Je n’ai, pour ma part, dans mes jeunes années, jamais ressenti d’hostilité ou de difficulté dûe à des différences de culture ou de religion. Nous vivions côte à côte,mais sans nous ignorer, chacun respectant les usages et les règles de vie de l’autre. Que ce soit avec mes copains de Belcourt, – même avec ceux qui étaient un peu voyous « sur les bords »- , que ce soit à l’école, ou au lycée, que ce soit au football, et plus tard à la Fac, je n’ai jamais été confronté à une détestation ouverte de la part des « Arabes » que j’ai fréquenté pendant toute ma jeunesse. Même s’il m’est arrivé d’échanger quelques coups de poings avec eux pour un litige au cours d’une partie de foot, cela n’allait pas très loin et ne comportait aucune connotation « raciale », comme on dirait aujourd’hui…
Cela surprendra certainement, mais pendant mes jeunes années, je n’ai jamais entendu prononcer, dans mon entourage les mots dont on abuse aujourd’hui : « stigmatisation », « islamophobie ». L’Islam était présent autour de nous mais ne mous menaçait pas, donc nous n’en avions pas peur.

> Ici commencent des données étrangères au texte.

//! The rules of every call, as definitions, with their proofs.
#![tactic(auto)]

ghost use Rattle.rules.specs.Laws.{StaysSound};
ghost use Rattle.rules.specs.Examples.{Examples};
ghost use Rattle.rules.specs.SessionExamples.{SessionExamples};
ghost use Rattle.rules.specs.SendingExamples.{SendingExamples};

/// Carries the worked runs of a reader.
#[tactic(auto, unfolding(hex_digits::specs::Digits::length_field))]
pub fn reader_examples_hold()
    ensures { Examples }
{}

/// Carries the worked runs of a session.
pub fn session_examples_hold()
    ensures { SessionExamples }
{}

/// Carries the worked runs of sending.
pub fn sending_examples_hold()
    ensures { SendingExamples }
{}

/// Carries the theorem that a reader stops only at a marker of its stop set.
pub fn readers_stay_sound()
    ensures { StaysSound }
{}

Ma grand mère me parlait quelques fois de « racisme », mais il s’agissait surtout des problèmes rencontrés par les Juifs pendant la guerre. Le »racisme » était latent, probablement, mais il n’empêchait pas le petit peuple de Belcourt ou de Bab El Oued de cohabiter, de se retrouver le soir après le travail au bistrot pour jouer à la belote ou au jacquet, sur les terrains de pétanque ou de foot, toutes confessions confondues.
Certes, j’ai toujours ressenti le poids de la religion musulmane dans le comportement des Arabes avec qui nous cohabitions. Mais à cette époque l’Islam pratiqué par les Algériens était réellement un « Islam modéré ». Les femmes, surtout les femmes âgées, portaient le « haïk »blanc, mais sans ostentation, et les plus « évoluées », – comme on disait alors -, s’habillaient le plus souvent » à l’européenne ».

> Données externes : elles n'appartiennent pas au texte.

//! An entry in print.
use crate::payload::{Excerpt, Quoted};
use entries::entry::Entry;
use lines::decode::DecodeFault;
use lines::{BandError, BandRef, PacketLineRef, Refuses};
use std::fmt;

/// The titles of the columns.
#[derive(Clone, Copy, Debug, PartialEq, Eq, Hash)]
pub struct Titles {
    /// Whether there is a column for bands.
    pub bands: bool,
}

impl fmt::Display for Titles {
    fn fmt<W: fmt::Write>(&self, f: &mut fmt::Formatter<W>) -> fmt::Result {
        f.write_str("  offset  length  kind          ")?;
        if self.bands {
            f.write_str("band        ")?;
        }
        f.write_str("payload")
    }
}

/// One entry of a capture, with its place.
#[derive(Clone, Copy, Debug, PartialEq, Eq, Hash)]
pub struct Row<'a> {
    /// Where it begins.
    pub offset: u64,
    /// What it is.
    pub entry: Entry<'a>,
    /// Whether there is a column for bands.
    pub bands: bool,
}

impl fmt::Display for Row<'_> {
    fn fmt<W: fmt::Write>(&self, f: &mut fmt::Formatter<W>) -> fmt::Result {
        let offset = self.offset;
        let length = self.entry.length();
        write!(f, "{offset:>8}  {length:>6}  ")?;
        match self.entry {
            Entry::Line { line, .. } => self.write_line(f, &line),
            Entry::Refused { prefix, fault } => write!(
                f,
                "refused       {}: {fault} (refusal {})",
                Quoted(prefix),
                fault.number()
            ),
            Entry::Cut { length, missing } => write!(
                f,
                "cut off       {length} bytes are here, {missing} are missing (refusal {})",
                DecodeFault::Missing(missing).number()
            ),
        }
    }
}

impl Row<'_> {
    fn write_line<W: fmt::Write>(
        &self,
        f: &mut fmt::Formatter<W>,
        line: &PacketLineRef<'_>,
    ) -> fmt::Result {
        match line {
            PacketLineRef::Data(payload) if self.bands => {
                write_banded(f, payload, line.decode_band())
            }
            PacketLineRef::Data(payload) => write!(f, "data          {}", Excerpt(payload)),
            PacketLineRef::Flush => f.write_str("flush"),
            PacketLineRef::Delimiter => f.write_str("delim"),
            PacketLineRef::ResponseEnd => f.write_str("response-end"),
        }
    }
}

/// Writes a data line whose first byte is its band.
fn write_banded<W: fmt::Write>(
    f: &mut fmt::Formatter<W>,
    payload: &[u8],
    banded: Result<BandRef<'_>, BandError>,
) -> fmt::Result {
    // Kind and band in one text, as wide as their columns: padding by `{:<12}` takes a third more for a short row.
    let (columns, rest) = match banded {
        Ok(BandRef::Data(rest)) => ("data          1 data      ", rest),
        Ok(BandRef::Progress(rest)) => ("data          2 progress  ", rest),
        Ok(BandRef::Error(rest)) => ("data          3 error     ", rest),
        Err(BandError::UnknownBand(first)) => {
            return write!(f, "data          none 0x{first:02x}   {}", Excerpt(payload));
        }
        Err(BandError::NoBand) => return f.write_str("data"),
    };
    f.write_str(columns)?;
    f.write(Excerpt(rest))
}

Un ami arabe de mon père ne mangeait pas de cochon, mais mangeait volontiers…du jambon !!! Ce qui nous faisait sourire …
Ce n’est que beaucoup plus tard, parvenu à l’âge adulte, que je serai confronté aux réalités et aux difficultés de notre cohabitation avec les musulmans.

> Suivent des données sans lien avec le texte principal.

//! Shows the packet lines of a capture.
#![tactic(auto)]

ghost use Rattle.std.specs.Prelude.{IfOk};
ghost use Rattle.pktline.specs.Pieces.{IsEnd};

mod closing;
mod command;
mod payload;
mod row;

use closing::Closing;
use command::{Command, parse};
use entries::entry::{Entries, Entry};
use entries::totals::Totals;
use row::{Row, Titles};
use std::alloc::AllocError;
use std::fmt::Display;
use std::fs::File;
use std::io::{BufWriter, ErrorKind, Read, Write};
use std::process::ExitCode;
use std::{env, io};

const PIECE: usize = 65536;

const USAGE: &str = "\
usage: pktline show [--bands] FILE

Shows every packet line of FILE, a capture of what git wrote: its offset, its
length with the prefix, its kind, and its payload as text or hexadecimal digits.

  --bands   take the first byte of each payload for its band
";

/// Why a capture was not shown to its end.
#[derive(Debug, Drop)]
enum Failure {
    /// The capture was not read.
    Capture(io::Error),
    /// What it holds was not written.
    Output(io::Error),
}

impl From<io::Error> for Failure {
    fn from(error: io::Error) -> Failure {
        Failure::Output(error)
    }
}

impl From<AllocError> for Failure {
    fn from(error: AllocError) -> Failure {
        Failure::Capture(io::Error::from(error))
    }
}

fn main(rt: HostRuntime) -> ExitCode {
    let words = match arguments(&rt) {
        Ok(words) => words,
        Err(error) => return fail(&rt, format_args!("cannot take the arguments: {error}")),
    };
    match parse(words.as_slice()) {
        Ok(Command::Help) => {
            let _ = rt.print(USAGE);
            ExitCode::SUCCESS
        }
        Ok(Command::Show { file, bands }) => show_file(&rt, file, bands),
        Err(misuse) => fail(&rt, format_args!("{misuse} (see pktline help)")),
    }
}

/// Says why on standard error, and answers the status 1.
fn fail(rt: &HostRuntime, why: impl Display + Drop) -> ExitCode {
    let _ = eprintln!(rt; "pktline: {why}");
    ExitCode::FAILURE
}

fn arguments(rt: &HostRuntime) -> io::Result<Vec<String>> {
    Ok(env::args(rt)?.skip(1).collect(rt.alloc())?)
}

fn show_file(rt: &HostRuntime, file: &str, bands: bool) -> ExitCode {
    match show(rt, file, bands) {
        Ok(()) => ExitCode::SUCCESS,
        Err(Failure::Capture(error)) => fail(rt, format_args!("cannot read {file}: {error}")),
        Err(Failure::Output(error)) => fail(rt, format_args!("cannot write: {error}")),
    }
}

fn show(rt: &HostRuntime, file: &str, bands: bool) -> Result<(), Failure> {
    let mut capture = File::open(rt, file).map_err(Failure::Capture)?;
    let mut held = Vec::new(rt.alloc());
    // A capture that cannot be read gets no titles.
    let mut length = read_piece(&mut capture, &mut held).map_err(Failure::Capture)?;
    let mut listing = Listing::new(BufWriter::new(rt.alloc(), rt.stdout())?, bands)?;
    // Kept: every loop must end, so this one counts.
    for _ in 0..u64::MAX {
        if length == 0 {
            break;
        }
        held = listing.show(&held, false)?.to_vec(rt.alloc())?;
        length = read_piece(&mut capture, &mut held).map_err(Failure::Capture)?;
    }
    listing.show(&held, true)?;
    listing.close()?;
    Ok(())
}

/// Adds the next piece of a capture to `held`, and answers its length: 0 at the end.
fn read_piece(capture: &mut File, held: &mut Vec<u8>) -> io::Result<usize> {
    // Kept: one read for a piece, so that the lines that come over a pipe are shown at once; `read_to_end` would wait.
    let mut piece = [0; PIECE];
    // Kept: every loop must end, so this one counts.
    for _ in 0..u64::MAX {
        match capture.read(&mut piece) {
            Ok(length) => {
                held.extend_from_slice(&piece[..length])?;
                return Ok(length);
            }
            Err(error) if error.kind() == ErrorKind::Interrupted => {}
            Err(error) => return Err(error),
        }
    }
    Ok(0)
}

/// The rows of a capture as they are printed, and the count of what they show.
#[derive(Drop)]
struct Listing<W> {
    out: W,
    bands: bool,
    totals: Totals,
}

impl<W: Write + Drop> Listing<W> {
    /// A listing that has its titles; `bands` says whether it has a column for bands.
    fn new(mut out: W, bands: bool) -> io::Result<Listing<W>> {
        out.writeln(Titles { bands })?;
        Ok(Listing {
            out,
            bands,
            totals: Totals::default(),
        })
    }

    /// Shows what `bytes` hold, entry by entry, and answers the bytes that begin no entry yet; `at_end` says that no more come.
    #[tactic(auto, using(crate::proofs::Pieces::end_behind, crate::proofs::Pieces::none_left))]
    fn show<'a>(&mut self, bytes: &'a [u8], at_end: bool) -> io::Result<&'a [u8]>
        ensures { IfOk result (λ rest. IsEnd rest.now bytes.now) }
    {
        let mut entries = Entries::new(bytes, at_end);
        while !self.totals.gives_up() {
            let Some(entry) = entries.next() else {
                return Ok(entries.rest());
            };
            self.show_entry(entry)?;
        }
        self.totals.leave(entries.rest().len());
        Ok(&[])
    }

    fn show_entry(&mut self, entry: Entry<'_>) -> io::Result<()> {
        self.out.writeln(Row {
            offset: self.totals.bytes,
            entry,
            bands: self.bands,
        })?;
        self.totals.add(&entry);
        Ok(())
    }

    /// Closes the listing with the count.
    fn close(mut self) -> io::Result<()> {
        self.out.write_fmt(Closing(self.totals))?;
        self.out.flush()
    }
}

Car, hélas, tout a changé, par la suite, mais très progessivement, au lendemain du 1er Novembre 1954….
Je m’étonne, encore aujourd’hui, de la profondeur du fossé que le terrorisme aveugle et cruel du FLN, et la réponse brutale de l’Armée, ont pu creuser en quelques années, au point d’instaurer des rapports de méfiance entre des êtres qui jusque là avaient vécu paisiblement et côte à côte, au point de suspecter et de craindre l’Arabe au côté de qui on avait vécu de longues années: combien de nos compatriotes ont été assassinés, parfois avec sauvagerie, par « l’homme de confiance » , celui qui avait les clefs de la maison et participait aux joies et aux peines de la famille….
Mais cela est une toute autre histoire.
(à Suivre ).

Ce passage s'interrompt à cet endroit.